Washington, 29 January 1998 (RFE/RL) -- The director of the U.S. Central Intelligence Agency (CIA) says that as long as there is even the slightest doubt about the future political stability of Russia, the nuclear arsenal which exists there must remain a preoccupation for America's intelligence agencies.

George Tenet made the comment during testimony to the U.S. Senate Intelligence Committee Wednesday. The committee held its annual hearing on current and projected threats to U.S. national security.

Tenet says that despite the fact that Russia and the U.S. are now cooperating in ways that were "unimaginable in Soviet time," America must be mindful of the fact that Russia remains a major nuclear power.

Tenet says he sees "hopeful signs" that democracy and a free-market economy have taken root in Russia. But he adds, whether Russia "succeeds as a stable democracy, reverts to its expansionist impulses of the past, or degenerates into instability" remains an open question.

Tenet says he is concerned that the communist-dominated Duma too often deadlocks and refuses to act while crime and corruption threatens to "undermine confidence in political and economic reform."

Tenet praises Russia for implementing many economic reforms and acknowledges that the country has achieved a measure of economic stability. But he adds that long-term steady growth is still dependent on other reforms, primarily ensuring that economic activities are governed by the rule of law.

The plight of the Russian military is another source of concern to the U.S., says Tenet. He says the Russian military is "suffering" from the social and economic crisis in the country. Tenet says it will be a "particular challenge" for Moscow to find money to pay the retirement costs of more than 250,000 redundant military officers.

Tenet says he is also dismayed that while Russia continues to seek close cooperation with the U.S. in matters of mutual concern, it has become "increasingly strident" in opposing U.S. efforts to cultivate closer ties with countries of the former Soviet Union.
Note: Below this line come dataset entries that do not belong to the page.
//! Conditions on values.

use ct_base::{Memory, Name, Text, Value};
use db_cond::holds;
use st_parse::{Compare, Cond, Operand, Whole};
use std::alloc::Global;
use std::test::Fail;

/// The condition that a column compares so with a text.
fn text_cond(alloc: Global, op: Compare, text: &str) -> Result<Cond, Memory> {
    let column = Name::read(alloc, "title").map_err(|_| Memory)?;
    let value = Operand::Text(Text::of(alloc, text)?);
    Ok(Cond::Compare { column, op, value })
}

/// Whether texts and a number come after `zebra`.
fn come_after_zebra(alloc: Global) -> Result<[bool; 3], Memory> {
    let cond = text_cond(alloc, Compare::Greater, "zebra")?;
    let past_ascii = Value::Text(Text::of(alloc, "élan")?);
    let shorter = Value::Text(Text::of(alloc, "zeb")?);
    Ok([
        holds(&cond, &past_ascii),
        holds(&cond, &shorter),
        holds(&cond, &Value::Number(7)),
    ])
}

#[test]
fn a_letter_past_ascii_comes_after_z(rt: HostRuntime) -> Result<(), Fail> {
    assert!(rt; come_after_zebra(rt.alloc())? == [true, false, false]);
    Ok(())
}

/// Whether numbers are below 0.
fn are_below_zero(alloc: Global, numbers: [i64; 3]) -> Result<[bool; 3], Memory> {
    let column = Name::read(alloc, "price").map_err(|_| Memory)?;
    let cond = Cond::Between {
        column,
        low: Operand::Number(Whole::Fits(i64::MIN)),
        high: Operand::Number(Whole::Fits(-1)),
    };
    let [a, b, c] = numbers;
    Ok([
        holds(&cond, &Value::Number(a)),
        holds(&cond, &Value::Number(b)),
        holds(&cond, &Value::Number(c)),
    ])
}

#[test]
fn both_ends_of_a_between_hold(rt: HostRuntime) -> Result<(), Fail> {
    assert!(rt; are_below_zero(rt.alloc(), [i64::MIN, -1, 0])? == [true, true, false]);
    Ok(())
}
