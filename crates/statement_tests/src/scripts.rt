//! Scripts that are cut.

use ct_base::Memory;
use st_cut::cut;
use std::alloc::Global;

/// The items with a `|` after each.
fn marked(alloc: Global, items: &Vec<Vec<u8>>) -> Result<Vec<u8>, Memory> {
    let mut all = Vec::new(alloc);
    for item in items {
        all.extend_from_slice(item.as_slice())?;
        all.push(b'|')?;
    }
    Ok(all)
}

/// Scripts, and their items.
const SCRIPTS: &[(&str, &str)] = &[
    ("", "|"),
    ("\n \n;\nx", "\n \n|x|"),
    ("a;b\nc;\nd", "a;b\nc|d|"),
    ("a;\t\r\nb; ;  \nc;x", "a|b; |c;x|"),
    ("a;\n\n", "a|\n|"),
    ("a;", "a||"),
    ("a;\r", "a||"),
    ("a;\x0c\nb", "a;\x0c\nb|"),
    ("-- it's;\n'x;\ny", "-- it's|'x|y|"),
    ("a", "a|"),
];

fn cut_text(alloc: Global, script: &str) -> Result<Vec<u8>, Memory> {
    let items = cut(alloc, script.as_bytes())?;
    marked(alloc, &items)
}

#[test]
fn statements_and_the_rest(rt: HostRuntime) -> Result<(), Memory> {
    for (script, want) in SCRIPTS {
        let found = cut_text(rt.alloc(), script)?;
        assert!(rt; found.as_slice() == want.as_bytes(), "{script:?}");
    }
    Ok(())
}
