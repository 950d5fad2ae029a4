//! Printed lines.

use ct_base::{Memory, Text, Value};
use db_cond::line;
use std::alloc::Global;
use std::test::Fail;

/// A line of a text and a number behind another line.
fn two_lines(alloc: Global) -> Result<Vec<u8>, Memory> {
    let text = Text::of(alloc, "a|b\\c\nd\r")?;
    let mut out = Vec::from_slice(alloc, b"x\n")?;
    line(alloc, &mut out, &[Value::Text(text), Value::Number(-7)])?;
    Ok(out)
}

#[test]
fn a_line_of_two_fields(rt: HostRuntime) -> Result<(), Fail> {
    let out = two_lines(rt.alloc())?;
    assert_eq!(rt; out.as_slice(), b"x\na\\|b\\\\c\\nd\\r|-7\n".as_slice());
    Ok(())
}
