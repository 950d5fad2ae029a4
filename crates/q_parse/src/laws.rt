//! Laws of the grammar and of the reader, each as a function whose contract is the law.

ghost use Rattle.std.specs.Prelude.{ℕ, ◌≡◌, ◌+◌, List, Some, None, true, false};
ghost use Rattle.q_parse.specs.Faults.{IsVerdict, Verdict};
ghost use Rattle.q_parse.specs.Verdicts.{verdict};
ghost use Rattle.q_lex.specs.Words.{GrammarRules, strict};
ghost use Rattle.q_lex.specs.Lexing.{query_lexemes, bare, too_large};
ghost use Rattle.q_tree.specs.Limits.{keeps_limits};
ghost use Rattle.q_tree.specs.Trees.{Tree};
ghost use Rattle.q_parse.specs.Grammar.{IsQuery, BeginsQuery};
ghost use Rattle.q_parse.specs.Machine.{read_from, start_state, tree_at_end, State};
ghost use Rattle.q_lex.specs.declared.lexemes.Lexeme.{Lexeme};

/// Each text's verdict is what the grammar says of it: that it is too large; or its tree; or the place of its first bad lexeme, or of its end, and the cause.
pub fn verdict_is_true()
    ensures { (text : List ℕ) → IsVerdict text (verdict text) }
{}

/// No other verdict is true of a text: what a text is found to be is determined by the grammar alone, the cause and the place of a fault too.
pub fn one_verdict()
    ensures { (text : List ℕ) (v w : Verdict) → IsVerdict text v → IsVerdict text w → v ≡ w }
{}

/// What the grammar takes as a query, under any rules, is read as just this query, with its tree: the reader misses none.
pub fn each_query_is_read()
    ensures { (r : GrammarRules) (ls : List Lexeme) (t : Tree) → IsQuery r ls t → tree_at_end (read_from r (Some start_state) ls) ≡ Some t }
{}

/// The grammar is unambiguous: lexemes are a query with at most one tree.
pub fn one_query()
    ensures { (r : GrammarRules) (ls : List Lexeme) (s t : Tree) → IsQuery r ls s → IsQuery r ls t → s ≡ t }
{}

/// The reader takes nothing else, and stops as soon as it can: what it reads to a tree is a query with this tree, what it has read so far begins some query, and what it refuses begins none. So the first lexeme that it refuses is the first bad one.
pub fn first_bad()
    ensures sound { (r : GrammarRules) (ls : List Lexeme) (t : Tree) → tree_at_end (read_from r (Some start_state) ls) ≡ Some t → IsQuery r ls t }
    ensures begins { (r : GrammarRules) (ls : List Lexeme) (s : State) → read_from r (Some start_state) ls ≡ Some s → BeginsQuery r ls }
    ensures refused { (r : GrammarRules) (ls : List Lexeme) → read_from r (Some start_state) ls ≡ None → BeginsQuery r ls → ⊥ }
{}

/// Each query of the grammar keeps its limits, where the text isn't too large: no word is longer than a text may be, and weights, thresholds, levels, spans, the number of operands and sums are in their ranges.
pub fn each_query_keeps_limits()
    ensures { (text : List ℕ) (t : Tree) → IsQuery strict (bare (query_lexemes text)) t → too_large text ≡ false → keeps_limits t ≡ true }
{}
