//! The tokens of a text.
#![tactic(auto)]

mod char_sets;
mod endings;
mod laws;
mod lexing;
mod options;
mod roles;
mod runs;
mod tokens;

pub use char_sets::CharSet;
pub use laws::{ascii_tokens, in_order, runs_are_exact, token_keys};
pub use lexing::{Lexer, tokens_by};
pub use options::LexerOptions;
pub use roles::Role;
pub use tokens::Token;
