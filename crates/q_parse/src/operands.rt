//! What may follow an operand of a query.

ghost use Rattle.q_lex.specs.Words.{strict};
ghost use Rattle.q_parse.specs.Machine.{query_joined, on_close, on_operator, on_within, on_near, after_operand, after_chain, after_terms, after_at, step_at, close_terms, comma_terms, Factor, Threshold, SectionName};
ghost use Rattle.q_tree.specs.Trees.{tree_of};
ghost use Rattle.q_parse.specs.Views.{frames_of, stage_of, Steps};

use crate::framing::{join, one, pop_frame, push_frame, tightness, with_terms};
use crate::stages::{Frame, Kind, Stage, StepError};
use crate::terms::terms_of;
use ct_base::Listed;
use q_lex::{Infix, Lexeme, read_name, tenths_in, whole_in};
use q_tree::{Leaf, Query};
use std::alloc::Global;

fn on_operator(
    alloc: Global,
    frames: &mut Vec<Frame>,
    operand: Query,
    op: Infix,
) -> Result<Stage, StepError>
    ensures { Steps result frames.new.items (on_operator (tree_of operand) (frames_of frames.old.items) op) }
{
    let left = join(alloc, tightness(op), frames, operand)?;
    push_frame(frames, Frame::Left(op, left))?;
    Ok(Stage::Operand)
}

fn on_close(alloc: Global, frames: &mut Vec<Frame>, operand: Query) -> Result<Stage, StepError>
    ensures { Steps result frames.new.items (on_close (query_joined 1 (frames_of frames.old.items) (tree_of operand))) }
{
    let whole = join(alloc, 1, frames, operand)?;
    match pop_frame(frames) {
        Some(Frame::Group) => Ok(Stage::After(6, whole)),
        Some(Frame::Left(_, _)) => Err(StepError::Refused),
        Some(Frame::Chain(_)) => Err(StepError::Refused),
        Some(Frame::TermsOf(_, _)) => Err(StepError::Refused),
        None => Err(StepError::Refused),
    }
}

fn on_within(alloc: Global, frames: &mut Vec<Frame>, operand: Query) -> Result<Stage, StepError>
    ensures { Steps result frames.new.items (on_within (tree_of operand) (frames_of frames.old.items)) }
{
    Ok(Stage::SectionName(join(alloc, 3, frames, operand)?))
}

fn on_near(alloc: Global, frames: &mut Vec<Frame>, operand: Query) -> Result<Stage, StepError>
    ensures { Steps result frames.new.items (on_near (tree_of operand) (frames_of frames.old.items)) }
{
    match terms_of(alloc, operand)? {
        None => Err(StepError::Refused),
        Some(phrases) => {
            push_frame(frames, Frame::Chain(one(alloc, phrases)?))?;
            Ok(Stage::Operand)
        }
    }
}

pub(crate) fn after_operand(
    alloc: Global,
    frames: &mut Vec<Frame>,
    level: u8,
    operand: Query,
    lexeme: &Lexeme,
) -> Result<Stage, StepError>
    ensures { Steps result frames.new.items (after_operand level (tree_of operand) (frames_of frames.old.items) lexeme.now) }
{
    match lexeme {
        Lexeme::Operator(op) if tightness(*op) <= level => on_operator(alloc, frames, operand, *op),
        Lexeme::Close => on_close(alloc, frames, operand),
        Lexeme::Star if level >= 6 => Ok(Stage::Factor(operand)),
        Lexeme::Greater if level >= 6 => Ok(Stage::Threshold(operand)),
        Lexeme::Within => on_within(alloc, frames, operand),
        Lexeme::Near => on_near(alloc, frames, operand),
        _ => Err(StepError::Refused),
    }
}

pub(crate) fn after_chain(
    alloc: Global,
    frames: &mut Vec<Frame>,
    operands: Listed<Listed<Leaf>>,
    lexeme: &Lexeme,
) -> Result<Stage, StepError>
    ensures { Steps result frames.new.items (after_chain strict operands (frames_of frames.old.items) lexeme.now) }
{
    match lexeme {
        Lexeme::Near => {
            if operands.as_slice().len() > 15 {
                return Err(StepError::Refused);
            }
            push_frame(frames, Frame::Chain(operands))?;
            Ok(Stage::Operand)
        }
        _ => after_operand(
            alloc,
            frames,
            6,
            Query::Near {
                operands,
                span: 100,
                ordered: false,
            },
            lexeme,
        ),
    }
}

fn close_terms(
    frames: &mut Vec<Frame>,
    kind: Kind,
    phrases: Listed<Leaf>,
) -> Result<Stage, StepError>
    ensures { Steps result frames.new.items (close_terms kind phrases (frames_of frames.old.items)) }
{
    match kind {
        Kind::InGroup => with_terms(frames, phrases),
        Kind::InNear(operands) => {
            if operands.as_slice().is_empty() {
                return Err(StepError::Refused);
            }
            Ok(Stage::NearEnd(operands.with(phrases)?))
        }
        Kind::InDefine => Err(StepError::Refused),
    }
}

fn comma_terms(
    alloc: Global,
    frames: &mut Vec<Frame>,
    kind: Kind,
    phrases: Listed<Leaf>,
) -> Result<Stage, StepError>
    ensures { Steps result frames.new.items (comma_terms strict kind phrases (frames_of frames.old.items)) }
{
    match kind {
        Kind::InGroup => Err(StepError::Refused),
        Kind::InNear(operands) => {
            let operands = operands.with(phrases)?;
            if operands.as_slice().len() > 15 {
                return Err(StepError::Refused);
            }
            push_frame(
                frames,
                Frame::TermsOf(Kind::InNear(operands), Listed::empty(alloc)),
            )?;
            Ok(Stage::Operand)
        }
        Kind::InDefine => Ok(Stage::SumOperand(phrases, Listed::empty(alloc), Vec::new(alloc), 0)),
    }
}

pub(crate) fn after_terms(
    alloc: Global,
    frames: &mut Vec<Frame>,
    lexeme: &Lexeme,
) -> Result<Stage, StepError>
    ensures { Steps result frames.new.items (after_terms strict (frames_of frames.old.items) lexeme.now) }
{
    match pop_frame(frames) {
        None => Err(StepError::Refused),
        Some(Frame::Group) => Err(StepError::Refused),
        Some(Frame::Left(_, _)) => Err(StepError::Refused),
        Some(Frame::Chain(_)) => Err(StepError::Refused),
        Some(Frame::TermsOf(kind, phrases)) => match lexeme {
            Lexeme::Operator(Infix::Or) => {
                push_frame(frames, Frame::TermsOf(kind, phrases))?;
                Ok(Stage::Operand)
            }
            Lexeme::Close => close_terms(frames, kind, phrases),
            Lexeme::Comma => comma_terms(alloc, frames, kind, phrases),
            _ => Err(StepError::Refused),
        },
    }
}

pub(crate) fn after(
    alloc: Global,
    stage: Stage,
    frames: &mut Vec<Frame>,
    lexeme: &Lexeme,
) -> Result<Stage, StepError>
    ensures { Steps result frames.new.items (after_at strict (stage_of stage) (frames_of frames.old.items) lexeme.now) }
{
    match stage {
        Stage::After(level, operand) => after_operand(alloc, frames, level, operand, lexeme),
        Stage::AfterChain(operands) => after_chain(alloc, frames, operands, lexeme),
        Stage::AfterTerms => after_terms(alloc, frames, lexeme),
        Stage::Operand => Err(StepError::Refused),
        Stage::InPhrase(_) => Err(StepError::Refused),
        Stage::AfterEquiv(_) => Err(StepError::Refused),
        Stage::ThesOpen(_) => Err(StepError::Refused),
        Stage::ThesFirst(_) => Err(StepError::Refused),
        Stage::ThesWords(_, _) => Err(StepError::Refused),
        Stage::ThesArgument(_, _) => Err(StepError::Refused),
        Stage::ThesLevel(_, _, _) => Err(StepError::Refused),
        Stage::ThesName(_, _, _) => Err(StepError::Refused),
        Stage::ThesClose(_, _, _, _) => Err(StepError::Refused),
        Stage::Factor(_) => Err(StepError::Refused),
        Stage::Threshold(_) => Err(StepError::Refused),
        Stage::SectionName(_) => Err(StepError::Refused),
        Stage::NearWord => Err(StepError::Refused),
        Stage::NearOpen => Err(StepError::Refused),
        Stage::NearEnd(_) => Err(StepError::Refused),
        Stage::NearSpan(_) => Err(StepError::Refused),
        Stage::NearOrder(_, _) => Err(StepError::Refused),
        Stage::NearFlag(_, _) => Err(StepError::Refused),
        Stage::NearClose(_, _, _) => Err(StepError::Refused),
        Stage::DefineWord => Err(StepError::Refused),
        Stage::SumOperand(_, _, _, _) => Err(StepError::Refused),
        Stage::SumAfter(_, _, _, _) => Err(StepError::Refused),
    }
}

pub(crate) fn factor(
    alloc: Global,
    frames: &Vec<Frame>,
    operand: Query,
    lexeme: &Lexeme,
) -> Result<Stage, StepError>
    ensures { Steps result frames.now.items (step_at strict (Factor (tree_of operand)) (frames_of frames.now.items) lexeme.now) }
{
    match lexeme {
        Lexeme::Word(written) => match tenths_in(written) {
            Some(tenths) => Ok(Stage::After(6, Query::Weight(tenths, Box::new(alloc, operand)?))),
            None => Err(StepError::Refused),
        },
        _ => Err(StepError::Refused),
    }
}

pub(crate) fn threshold(
    alloc: Global,
    frames: &Vec<Frame>,
    operand: Query,
    lexeme: &Lexeme,
) -> Result<Stage, StepError>
    ensures { Steps result frames.now.items (step_at strict (Threshold (tree_of operand)) (frames_of frames.now.items) lexeme.now) }
{
    match lexeme {
        Lexeme::Word(written) => match whole_in(written, 0, 100) {
            Some(score) => Ok(Stage::After(
                6,
                Query::Above(score as u8, Box::new(alloc, operand)?),
            )),
            None => Err(StepError::Refused),
        },
        _ => Err(StepError::Refused),
    }
}

pub(crate) fn section_name(
    alloc: Global,
    frames: &Vec<Frame>,
    operand: Query,
    lexeme: &Lexeme,
) -> Result<Stage, StepError>
    ensures { Steps result frames.now.items (step_at strict (SectionName (tree_of operand)) (frames_of frames.now.items) lexeme.now) }
{
    match lexeme {
        Lexeme::Word(written) => match read_name(alloc, written)? {
            Some(name) => Ok(Stage::After(3, Query::Within(name, Box::new(alloc, operand)?))),
            None => Err(StepError::Refused),
        },
        _ => Err(StepError::Refused),
    }
}
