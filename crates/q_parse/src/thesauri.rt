//! The operators of a thesaurus.

ghost use Rattle.std.specs.Prelude.{◌≡◌, IfOk, Some};
ghost use Rattle.q_lex.specs.Words.{strict};
ghost use Rattle.q_parse.specs.Grammar.{has_level, default_thesaurus};
ghost use Rattle.q_parse.specs.Machine.{step_at, with_leaf, thes_argument, ThesOpen, ThesFirst, ThesWords, ThesArgument, ThesLevel, ThesName, ThesClose};
ghost use Rattle.q_tree.specs.declared.queries.Leaf.TheVariants.{Thes};
ghost use Rattle.q_parse.specs.Views.{frames_of, Steps};

use crate::framing::{one, with_leaf};
use crate::stages::{Frame, Stage, StepError};
use ct_base::{Listed, Memory, Name};
use q_lex::{Lexeme, Written, read_name, whole_in};
use q_tree::{Leaf, Relation, Word};
use std::alloc::Global;

pub(crate) fn has_level(relation: Relation) -> bool
    ensures { result ≡ has_level relation }
{
    match relation {
        Relation::Broader => true,
        Relation::Narrower => true,
        Relation::Syn => false,
        Relation::Preferred => false,
    }
}

fn thes_argument(
    alloc: Global,
    relation: Relation,
    words: Listed<Word>,
    written: &Written,
    frames: &Vec<Frame>,
) -> Result<Stage, StepError>
    ensures { Steps result frames.now.items (thes_argument strict relation words (frames_of frames.now.items) written.now) }
{
    match read_name(alloc, written)? {
        Some(name) => Ok(Stage::ThesClose(relation, words, 1, name)),
        None => {
            if !has_level(relation) {
                return Err(StepError::Refused);
            }
            match whole_in(written, 1, 99) {
                Some(level) => Ok(Stage::ThesLevel(relation, words, level as u8)),
                None => Err(StepError::Refused),
            }
        }
    }
}

fn default_thesaurus(alloc: Global) -> Result<Name, Memory>
    ensures { IfOk result (λ name. name ≡ default_thesaurus) }
{
    match Name::of_bytes(alloc, b"default")? {
        Some(name) => Ok(name),
        None => Err(Memory),
    }
}

/// A thesaurus operator is read.
fn with_thes(
    alloc: Global,
    frames: &mut Vec<Frame>,
    relation: Relation,
    words: Listed<Word>,
    level: u8,
    thesaurus: Name,
) -> Result<Stage, StepError>
    ensures { Steps result frames.new.items (Some (with_leaf (Thes relation words level thesaurus) (frames_of frames.old.items))) }
{
    Ok(with_leaf(
        alloc,
        frames,
        Leaf::Thes {
            relation,
            words,
            level,
            thesaurus,
        },
    )?)
}

pub(crate) fn in_words(
    alloc: Global,
    frames: &mut Vec<Frame>,
    relation: Relation,
    words: Listed<Word>,
    lexeme: Lexeme,
) -> Result<Stage, StepError>
    ensures { Steps result frames.new.items (step_at strict (ThesWords relation words) (frames_of frames.old.items) lexeme) }
{
    match lexeme {
        Lexeme::Word(written) => {
            if written.word.has_wildcard() {
                return Err(StepError::Refused);
            }
            Ok(Stage::ThesWords(relation, words.with(written.word)?))
        }
        Lexeme::Close => {
            let name = default_thesaurus(alloc)?;
            with_thes(alloc, frames, relation, words, 1, name)
        }
        Lexeme::Comma => Ok(Stage::ThesArgument(relation, words)),
        _ => Err(StepError::Refused),
    }
}

pub(crate) fn thes_open(
    frames: &Vec<Frame>,
    relation: Relation,
    lexeme: &Lexeme,
) -> Result<Stage, StepError>
    ensures { Steps result frames.now.items (step_at strict (ThesOpen relation) (frames_of frames.now.items) lexeme.now) }
{
    match lexeme {
        Lexeme::Open => Ok(Stage::ThesFirst(relation)),
        _ => Err(StepError::Refused),
    }
}

pub(crate) fn first_word(
    alloc: Global,
    frames: &Vec<Frame>,
    relation: Relation,
    lexeme: Lexeme,
) -> Result<Stage, StepError>
    ensures { Steps result frames.now.items (step_at strict (ThesFirst relation) (frames_of frames.now.items) lexeme) }
{
    match lexeme {
        Lexeme::Word(written) => {
            if written.word.has_wildcard() {
                return Err(StepError::Refused);
            }
            Ok(Stage::ThesWords(relation, one(alloc, written.word)?))
        }
        _ => Err(StepError::Refused),
    }
}

pub(crate) fn argument(
    alloc: Global,
    frames: &Vec<Frame>,
    relation: Relation,
    words: Listed<Word>,
    lexeme: &Lexeme,
) -> Result<Stage, StepError>
    ensures { Steps result frames.now.items (step_at strict (ThesArgument relation words) (frames_of frames.now.items) lexeme.now) }
{
    match lexeme {
        Lexeme::Word(written) => thes_argument(alloc, relation, words, written, frames),
        _ => Err(StepError::Refused),
    }
}

pub(crate) fn after_level(
    alloc: Global,
    frames: &mut Vec<Frame>,
    relation: Relation,
    words: Listed<Word>,
    level: u8,
    lexeme: &Lexeme,
) -> Result<Stage, StepError>
    ensures { Steps result frames.new.items (step_at strict (ThesLevel relation words level) (frames_of frames.old.items) lexeme.now) }
{
    match lexeme {
        Lexeme::Close => {
            let name = default_thesaurus(alloc)?;
            with_thes(alloc, frames, relation, words, level, name)
        }
        Lexeme::Comma => Ok(Stage::ThesName(relation, words, level)),
        _ => Err(StepError::Refused),
    }
}

pub(crate) fn thes_name(
    alloc: Global,
    frames: &Vec<Frame>,
    relation: Relation,
    words: Listed<Word>,
    level: u8,
    lexeme: &Lexeme,
) -> Result<Stage, StepError>
    ensures { Steps result frames.now.items (step_at strict (ThesName relation words level) (frames_of frames.now.items) lexeme.now) }
{
    match lexeme {
        Lexeme::Word(written) => match read_name(alloc, written)? {
            Some(name) => Ok(Stage::ThesClose(relation, words, level, name)),
            None => Err(StepError::Refused),
        },
        _ => Err(StepError::Refused),
    }
}

pub(crate) fn thes_close(
    alloc: Global,
    frames: &mut Vec<Frame>,
    relation: Relation,
    words: Listed<Word>,
    level: u8,
    name: Name,
    lexeme: &Lexeme,
) -> Result<Stage, StepError>
    ensures { Steps result frames.new.items (step_at strict (ThesClose relation words level name) (frames_of frames.old.items) lexeme.now) }
{
    match lexeme {
        Lexeme::Close => with_thes(alloc, frames, relation, words, level, name),
        _ => Err(StepError::Refused),
    }
}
Tenet says: "Moscow continues to place a high priority on keeping others from gaining undue influence in the newly-independent states, especially in the energy-rich Caucuses of Central Asia."

But of greater concern to the U.S., says Tenet, are proliferation issues centering on the Russia-Iran relationship. Tenet says Iran has successfully obtained technology and material from Russian companies that have brought it closer to developing medium-range missiles capable of hitting Saudi Arabia and Israel.

Tenet says that even though Russia has laws that control the export of missile-related technologies, the system has "not worked well." However, he adds that he is encouraged by "positive steps" recently undertaken by the Russian government.

Just last week Prime Minister Viktor Chernomyrdin issued a decree prohibiting Russian firms from exporting items that could be used for developing weapons of mass destruction or their delivery systems -- even if the items are not specifically listed on the export control list.

Says Tenet: "If enforced, this could be an important step in keeping Iran from getting the technology it needs to build missiles with much longer ranges."

Yet Tenet adds that it is much too soon to be optimistic about the new decree. "Russian action is what matters, and therefore, monitoring Russian proliferation behavior will have to be a very high priority for some time to come."

Tenet also testified that he was worried about developments in international heroin trafficking, saying that drug dealers are relying heavily on routes that take them through Russia and other countries in the former Soviet Union.

Tenet says that heroin traffickers are "exploiting weak enforcement institutions" in the region and expanding traditional heroin smuggling routes, especially those in the Central Asia nations.